You can see that variance is the problem and not the trait if you'll replace dyn Value<'b> with a struct that is invariant over 'b:
struct Value<'a> {
// `fn(&'a ()) -> &'a ()` is both covariant over `'a` (because of the parameter)
// and contravariant over it (because of the return type). covariant+contravariant=invariant.
_marker: PhantomData<fn(&'a ()) -> &'a ()>
}
To explain why trait objects are invariant over their parameters, inspect the following example:
trait Value<'a> {
fn set_value(&mut self, v: &'a i32);
}
struct S<'a> {
value: Box<&'a i32>,
}
impl<'a> Value<'a> for S<'a> {
fn set_value(&mut self, v: &'a i32) {
*self.value = v;
}
}
fn foo<'a>(v: &mut dyn Value<'a>) {
let new_value: i32 = 0;
let new_value_ref: &i32 = &new_value;
v.set_value(new_value_ref);
}
fn main() {
let mut s = S { value: Box::new(&0) };
foo(&mut s);
dbg!(&**s.value);
}
If trait objects were covariant over their parameters, foo() would compile.
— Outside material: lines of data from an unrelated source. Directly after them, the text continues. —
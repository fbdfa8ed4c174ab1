//! A store of the previous format.
ghost use Rattle.std.specs.Prelude.{◌≡◌, ◌↔◌, IsTrue, Err, List, IfOk};
ghost use Rattle.std.specs.List.{AllByRecursion};
ghost use Rattle.sqlite.specs.Held.{state};
ghost use Rattle.sqlite.specs.State.{HasCleanDisk};
ghost use Rattle.escrow_num.specs.declared.row.Row.{Row};
ghost use Rattle.escrow_cells.specs.declared.formats.TheConstants.{FORMAT_1};
ghost use Rattle.escrow_schema.specs.Stored.{IsListed, stored_of};
ghost use Rattle.escrow_rows.specs.Answers.{IsUsable, OnlyReads};
ghost use Rattle.escrow_recover.specs.Stored.{IsWhole, IsFormat1Store, IsNoFormat1Store, HasFormatBut, HasCount};
ghost use Rattle.escrow_schema.specs.declared.counted_table.CountedTable.{CountedTable as Counted};
ghost use Rattle.escrow_recover.specs.declared.unverified.Unverified.TheVariants.{ForeignStore, OtherFormat};

use crate::unverified::Unverified;
use crate::whole::verify_format;
use escrow_cells::Format;
use escrow_num::Scale;
use escrow_rows::RowStore;
use escrow_schema::{Catalog, CountedTable, TableDef};
use sqlite::Alter;
use std::alloc::Global;

/// Returns the catalog of a store in the previous format, as [`verify`](crate::verify) does for one
/// in the known format. No column in it has a scale.
///
/// # Errors
///
/// Fails as [`verify`](crate::verify) does. The known format counts as another one here.
pub(crate) fn verify_format_1<S: Alter>(
    alloc: Global,
    store: &mut RowStore<S>,
) -> Result<Catalog, Unverified>
    ensures listed { IfOk result IsListed }
    ensures store { HasCleanDisk (state S.Store store.new)
        → IfOk result (λ catalog. IsTrue (state S.Store store.new).is_open × (rows : List Row)
        × IsFormat1Store (stored_of catalog) rows (state S.Store store.old).now
        × AllByRecursion (HasCount rows) catalog) }
    ensures foreign { IsUsable (state S.Store store.new) → result ≡ Err ForeignStore
        → IsNoFormat1Store (state S.Store store.old).now }
    ensures version { IsUsable (state S.Store store.new) → result ≡ Err OtherFormat
        → HasFormatBut FORMAT_1 (state S.Store store.old).now }
    ensures other { IsUsable (state S.Store store.new) → result ≡ Err ForeignStore
        → HasFormatBut FORMAT_1 (state S.Store store.old).now → ⊥ }
    ensures only_reads { OnlyReads (state S.Store store.old) (state S.Store store.new) }
{
    match verify_format(alloc, store, Format::V1) {
        Ok(tables) if are_whole(&tables) => Ok(Catalog::of(tables)),
        Ok(_) => Err(Unverified::ForeignStore),
        Err(why) => Err(why),
    }
}

/// Returns whether no column of these tables has a scale.
fn are_whole(tables: &[CountedTable]) -> bool
    ensures { IsTrue result ↔ AllByRecursion (λ (c : Counted). IsWhole c.stored.table) tables.now }
{
    tables.iter().all(|table| is_whole(&table.stored.table))
}

/// Returns whether no column of a table has a scale.
fn is_whole(table: &TableDef) -> bool
    ensures { IsTrue result ↔ IsWhole table.now }
{
    table
        .columns
        .as_slice()
        .iter()
        .all(|column| column.scale() == Scale::ZERO)
}
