//! What WRITE, CREATE and MKNOD carry: how stable data is to be, how a file is made, and what a special object is.

ghost use Rattle.std.specs.Prelude.{◌≡◌, ◌++◌, length, OnOk};
ghost use Rattle.sky_xdr.specs.Encoding.{uint};
ghost use Rattle.sky_xdr.specs.GrammarReading.{Reads};
ghost use Rattle.sky_xdr.specs.Writing.{Puts};
ghost use Rattle.sky_args.specs.Parts.{set_attr_bytes, stable_how_bytes, create_how_bytes, device_bytes, mknod_bytes};
ghost use Rattle.sky_args.specs.Reading.{stable_how_at, create_how_at, mknod_data_at};
ghost use Rattle.sky_args.specs.Sizes.{FitsDevice, FitsSetAttr, FitsCreateHow, FitsMknodData};

use crate::attributes::{put_device, put_set_attr, take_device, take_set_attr};
use crate::handles::{put_verifier, take_verifier};
use sky_base::Device;
use sky_nfs::{CreateHow, MknodData, SetAttr, StableHow};
use sky_xdr::{NoRoom, Reader, Writer, XdrFault};

/// Takes how stable data is to be (`stable_how`).
#[tactic(auto, unfolding(crate::specs::Reading::stable_how_at, crate::specs::Reading::stable_how_from, sky_xdr::specs::Reading::bind, sky_xdr::specs::GrammarReading::give, sky_xdr::specs::GrammarReading::refuse))]
pub fn take_stable_how(reader: &mut Reader<'_>) -> Result<StableHow, XdrFault>
    ensures exact { Reads result reader.new (stable_how_at reader.old) }
{
    match reader.take_u32()? {
        0 => Ok(StableHow::Unstable),
        1 => Ok(StableHow::DataSync),
        2 => Ok(StableHow::FileSync),
        _ => Err(XdrFault::BadEnum),
    }
}

/// Takes how a file is made (`createhow3`).
#[tactic(auto, unfolding(crate::specs::Reading::create_how_at, crate::specs::Reading::create_how_from, crate::specs::Reading::unchecked_at, crate::specs::Reading::guarded_at, crate::specs::Reading::exclusive_at, sky_xdr::specs::Reading::bind, sky_xdr::specs::GrammarReading::give, sky_xdr::specs::GrammarReading::refuse))]
pub fn take_create_how(reader: &mut Reader<'_>) -> Result<CreateHow, XdrFault>
    ensures exact { Reads result reader.new (create_how_at reader.old) }
{
    match reader.take_u32()? {
        0 => Ok(CreateHow::Unchecked(take_set_attr(reader)?)),
        1 => Ok(CreateHow::Guarded(take_set_attr(reader)?)),
        2 => Ok(CreateHow::Exclusive(take_verifier(reader)?)),
        _ => Err(XdrFault::BadEnum),
    }
}

/// Takes what a special object is (`mknoddata3`).
#[tactic(auto, unfolding(crate::specs::Reading::mknod_data_at, crate::specs::Reading::mknod_data_from, crate::specs::Reading::block_at, crate::specs::Reading::character_at, crate::specs::Reading::socket_at, crate::specs::Reading::pipe_at, sky_xdr::specs::Reading::bind, sky_xdr::specs::GrammarReading::give, sky_xdr::specs::GrammarReading::refuse))]
pub fn take_mknod_data(reader: &mut Reader<'_>) -> Result<MknodData, XdrFault>
    ensures exact { Reads result reader.new (mknod_data_at reader.old) }
{
    match reader.take_u32()? {
        1 => Ok(MknodData::Regular),
        2 => Ok(MknodData::Directory),
        3 => Ok(MknodData::Block(take_set_attr(reader)?, take_device(reader)?)),
        4 => Ok(MknodData::Character(take_set_attr(reader)?, take_device(reader)?)),
        5 => Ok(MknodData::SymbolicLink),
        6 => Ok(MknodData::Socket(take_set_attr(reader)?)),
        7 => Ok(MknodData::Pipe(take_set_attr(reader)?)),
        _ => Err(XdrFault::BadEnum),
    }
}

/// Writes how stable data is to be.
#[tactic(auto, unfolding(crate::specs::Parts::stable_how_bytes))]
pub fn put_stable_how(writer: &mut Writer<'_>, how: StableHow) -> Result<(), NoRoom>
    ensures puts { Puts result (stable_how_bytes how) writer.old writer.new }
{
    match how {
        StableHow::Unstable => writer.put_u32(0),
        StableHow::DataSync => writer.put_u32(1),
        StableHow::FileSync => writer.put_u32(2),
    }
}

/// Writes a number, and the attributes that stand behind it.
fn put_numbered(writer: &mut Writer<'_>, number: u32, attributes: SetAttr) -> Result<(), NoRoom>
    ensures puts { Puts result (uint number ++ set_attr_bytes attributes) writer.old writer.new }
    ensures fits { OnOk result (FitsSetAttr attributes) }
{
    writer.put_u32(number)?;
    put_set_attr(writer, attributes)
}

/// Writes how a file is made.
#[tactic(auto, unfolding(crate::specs::Parts::create_how_bytes), using(sky_xdr::proofs::Puts::puts_then, sky_xdr::proofs::Puts::stops_then))]
pub fn put_create_how(writer: &mut Writer<'_>, how: CreateHow) -> Result<(), NoRoom>
    ensures puts { Puts result (create_how_bytes how) writer.old writer.new }
    ensures fits { OnOk result (FitsCreateHow how) }
{
    match how {
        CreateHow::Unchecked(attributes) => put_numbered(writer, 0, attributes),
        CreateHow::Guarded(attributes) => put_numbered(writer, 1, attributes),
        CreateHow::Exclusive(verifier) => {
            writer.put_u32(2)?;
            put_verifier(writer, verifier)
        }
    }
}

/// Writes what a block or character device is.
fn put_special(
    writer: &mut Writer<'_>,
    number: u32,
    attributes: SetAttr,
    device: Device,
) -> Result<(), NoRoom>
    ensures puts { Puts result (uint number ++ set_attr_bytes attributes ++ device_bytes device)
        writer.old writer.new }
    ensures fits { OnOk result (FitsSetAttr attributes × FitsDevice device) }
{
    put_numbered(writer, number, attributes)?;
    put_device(writer, device)
}

/// Writes what a special object is.
#[tactic(auto, unfolding(crate::specs::Parts::mknod_bytes), using(sky_xdr::proofs::Puts::puts_then, sky_xdr::proofs::Puts::stops_then))]
pub fn put_mknod_data(writer: &mut Writer<'_>, what: MknodData) -> Result<(), NoRoom>
    ensures puts { Puts result (mknod_bytes what) writer.old writer.new }
    ensures fits { OnOk result (FitsMknodData what) }
{
    match what {
        MknodData::Regular => writer.put_u32(1),
        MknodData::Directory => writer.put_u32(2),
        MknodData::Block(attributes, device) => put_special(writer, 3, attributes, device),
        MknodData::Character(attributes, device) => put_special(writer, 4, attributes, device),
        MknodData::SymbolicLink => writer.put_u32(5),
        MknodData::Socket(attributes) => put_numbered(writer, 6, attributes),
        MknodData::Pipe(attributes) => put_numbered(writer, 7, attributes),
    }
}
We only shrink the lifetime - from 'a to the lifetime of the local variable new_value, which is always shorter.
But this would be terrible, since after exiting foo(), new_value would be destroyed, and s.value would point to freed memory - use-after-free!
This is why mutable references are invariant. But trait objects can contain anything - including mutable references - so any parameter of them has to be invariant!
Note: I wasn't accurate when saying that if we would be covariant over 'a we will compile, because we still take &mut self and thus invariant over S<'a> and, transitively, over 'a. But we can adjust this example to use interior mutability and take &self which is covariant. I did not do that in order to not complicate things more.